== DATA EXTRACT ==

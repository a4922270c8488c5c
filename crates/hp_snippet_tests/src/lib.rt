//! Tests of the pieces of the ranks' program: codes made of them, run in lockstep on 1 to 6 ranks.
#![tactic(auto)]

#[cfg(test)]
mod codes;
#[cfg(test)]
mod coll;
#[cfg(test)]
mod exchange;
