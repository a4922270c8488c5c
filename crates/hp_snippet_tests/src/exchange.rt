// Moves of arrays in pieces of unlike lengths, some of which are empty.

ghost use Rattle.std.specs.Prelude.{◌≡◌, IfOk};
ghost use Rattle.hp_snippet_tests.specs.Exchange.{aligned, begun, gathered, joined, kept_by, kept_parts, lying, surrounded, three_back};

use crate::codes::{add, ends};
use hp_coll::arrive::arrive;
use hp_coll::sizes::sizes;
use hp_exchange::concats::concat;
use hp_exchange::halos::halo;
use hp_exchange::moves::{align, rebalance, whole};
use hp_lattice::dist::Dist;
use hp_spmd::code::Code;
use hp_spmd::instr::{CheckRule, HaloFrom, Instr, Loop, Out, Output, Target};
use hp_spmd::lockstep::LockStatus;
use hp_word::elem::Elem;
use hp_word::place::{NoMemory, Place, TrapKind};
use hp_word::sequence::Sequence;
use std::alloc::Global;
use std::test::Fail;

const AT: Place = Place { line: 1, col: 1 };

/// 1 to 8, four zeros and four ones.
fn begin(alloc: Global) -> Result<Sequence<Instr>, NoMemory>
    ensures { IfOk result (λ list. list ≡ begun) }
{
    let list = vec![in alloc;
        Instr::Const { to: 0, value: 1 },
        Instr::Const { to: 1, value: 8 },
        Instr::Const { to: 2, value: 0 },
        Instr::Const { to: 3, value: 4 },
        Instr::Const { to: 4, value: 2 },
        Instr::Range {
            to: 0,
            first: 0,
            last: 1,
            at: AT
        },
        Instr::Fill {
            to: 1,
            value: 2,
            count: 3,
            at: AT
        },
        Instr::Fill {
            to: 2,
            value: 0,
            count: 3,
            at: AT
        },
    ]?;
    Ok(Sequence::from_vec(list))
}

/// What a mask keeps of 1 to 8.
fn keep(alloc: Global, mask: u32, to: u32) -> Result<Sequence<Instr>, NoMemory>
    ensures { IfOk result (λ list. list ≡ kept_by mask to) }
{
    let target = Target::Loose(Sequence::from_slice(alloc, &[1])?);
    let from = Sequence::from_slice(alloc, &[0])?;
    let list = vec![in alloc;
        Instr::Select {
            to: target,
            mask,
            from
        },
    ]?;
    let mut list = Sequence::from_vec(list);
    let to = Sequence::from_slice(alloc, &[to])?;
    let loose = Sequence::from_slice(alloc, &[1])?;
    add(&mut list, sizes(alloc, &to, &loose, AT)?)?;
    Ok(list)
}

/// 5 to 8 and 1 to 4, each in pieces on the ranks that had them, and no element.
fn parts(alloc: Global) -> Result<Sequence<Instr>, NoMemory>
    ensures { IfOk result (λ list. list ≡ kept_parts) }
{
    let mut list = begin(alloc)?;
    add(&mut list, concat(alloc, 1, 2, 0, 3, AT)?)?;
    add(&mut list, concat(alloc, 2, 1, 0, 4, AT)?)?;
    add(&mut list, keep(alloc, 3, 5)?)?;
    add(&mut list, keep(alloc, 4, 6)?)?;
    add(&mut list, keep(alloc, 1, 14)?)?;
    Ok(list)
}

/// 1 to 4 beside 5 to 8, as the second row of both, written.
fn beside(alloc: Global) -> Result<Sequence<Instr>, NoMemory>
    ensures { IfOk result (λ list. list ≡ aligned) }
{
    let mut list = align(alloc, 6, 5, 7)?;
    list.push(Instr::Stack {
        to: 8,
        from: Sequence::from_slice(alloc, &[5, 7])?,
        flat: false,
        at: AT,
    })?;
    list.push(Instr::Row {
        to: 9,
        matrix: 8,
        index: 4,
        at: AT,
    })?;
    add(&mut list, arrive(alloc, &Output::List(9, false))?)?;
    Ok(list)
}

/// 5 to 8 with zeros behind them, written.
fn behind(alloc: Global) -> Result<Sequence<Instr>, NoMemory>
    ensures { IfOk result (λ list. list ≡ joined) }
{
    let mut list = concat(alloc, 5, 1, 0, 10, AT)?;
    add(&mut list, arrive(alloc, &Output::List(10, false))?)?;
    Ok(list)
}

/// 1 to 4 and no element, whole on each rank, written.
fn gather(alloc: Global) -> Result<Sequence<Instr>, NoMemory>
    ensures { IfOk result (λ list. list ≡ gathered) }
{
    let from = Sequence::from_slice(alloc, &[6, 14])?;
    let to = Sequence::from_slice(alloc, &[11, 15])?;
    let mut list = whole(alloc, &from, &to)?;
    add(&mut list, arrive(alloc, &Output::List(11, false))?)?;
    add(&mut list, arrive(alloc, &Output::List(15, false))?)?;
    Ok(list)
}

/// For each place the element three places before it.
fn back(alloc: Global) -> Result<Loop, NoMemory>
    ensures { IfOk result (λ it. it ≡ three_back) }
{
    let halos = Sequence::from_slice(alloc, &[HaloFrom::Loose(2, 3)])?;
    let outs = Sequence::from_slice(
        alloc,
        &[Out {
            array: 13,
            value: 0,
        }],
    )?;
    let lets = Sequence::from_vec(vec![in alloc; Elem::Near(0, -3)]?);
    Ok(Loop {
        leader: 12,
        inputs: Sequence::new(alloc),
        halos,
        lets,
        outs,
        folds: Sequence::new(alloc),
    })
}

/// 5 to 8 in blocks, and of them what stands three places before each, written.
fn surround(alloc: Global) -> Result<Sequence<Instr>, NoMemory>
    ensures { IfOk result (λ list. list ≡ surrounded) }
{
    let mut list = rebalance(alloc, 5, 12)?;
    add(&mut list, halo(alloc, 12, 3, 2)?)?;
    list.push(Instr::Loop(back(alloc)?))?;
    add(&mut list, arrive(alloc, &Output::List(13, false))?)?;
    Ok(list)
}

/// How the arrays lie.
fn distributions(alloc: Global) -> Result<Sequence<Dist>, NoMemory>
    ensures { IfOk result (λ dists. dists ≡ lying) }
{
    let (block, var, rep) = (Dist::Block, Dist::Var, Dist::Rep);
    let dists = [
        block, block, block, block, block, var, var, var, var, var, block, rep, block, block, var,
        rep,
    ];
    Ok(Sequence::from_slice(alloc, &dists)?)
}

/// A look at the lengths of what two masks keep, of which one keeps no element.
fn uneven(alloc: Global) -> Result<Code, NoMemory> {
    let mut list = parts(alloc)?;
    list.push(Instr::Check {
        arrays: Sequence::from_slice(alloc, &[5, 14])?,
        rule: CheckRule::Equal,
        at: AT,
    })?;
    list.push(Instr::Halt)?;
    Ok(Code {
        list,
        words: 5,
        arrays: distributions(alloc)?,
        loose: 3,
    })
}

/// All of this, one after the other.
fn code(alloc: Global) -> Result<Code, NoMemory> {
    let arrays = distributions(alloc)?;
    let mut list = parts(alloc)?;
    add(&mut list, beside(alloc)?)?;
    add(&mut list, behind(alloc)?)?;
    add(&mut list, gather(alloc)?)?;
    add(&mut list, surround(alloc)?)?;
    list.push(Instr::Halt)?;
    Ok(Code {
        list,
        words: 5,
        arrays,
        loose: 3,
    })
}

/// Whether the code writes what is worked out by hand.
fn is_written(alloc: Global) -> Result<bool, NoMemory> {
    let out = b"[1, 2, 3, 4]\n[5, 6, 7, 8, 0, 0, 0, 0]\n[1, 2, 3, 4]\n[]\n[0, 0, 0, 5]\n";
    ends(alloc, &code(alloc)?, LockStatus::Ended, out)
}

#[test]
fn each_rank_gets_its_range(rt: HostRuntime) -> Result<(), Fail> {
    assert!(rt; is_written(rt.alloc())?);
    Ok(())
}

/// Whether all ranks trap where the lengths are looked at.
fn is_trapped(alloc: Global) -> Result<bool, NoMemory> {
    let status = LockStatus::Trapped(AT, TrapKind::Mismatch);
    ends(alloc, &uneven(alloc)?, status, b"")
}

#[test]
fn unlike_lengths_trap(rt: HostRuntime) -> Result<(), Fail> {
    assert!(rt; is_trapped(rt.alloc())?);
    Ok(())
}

===

YOUR TASK
Go through the material and select each line with the string "rebalance" in it.

OUTPUT OF THE TASK
use hp_exchange::moves::{align, rebalance, whole};
    let mut list = rebalance(alloc, 5, 12)?;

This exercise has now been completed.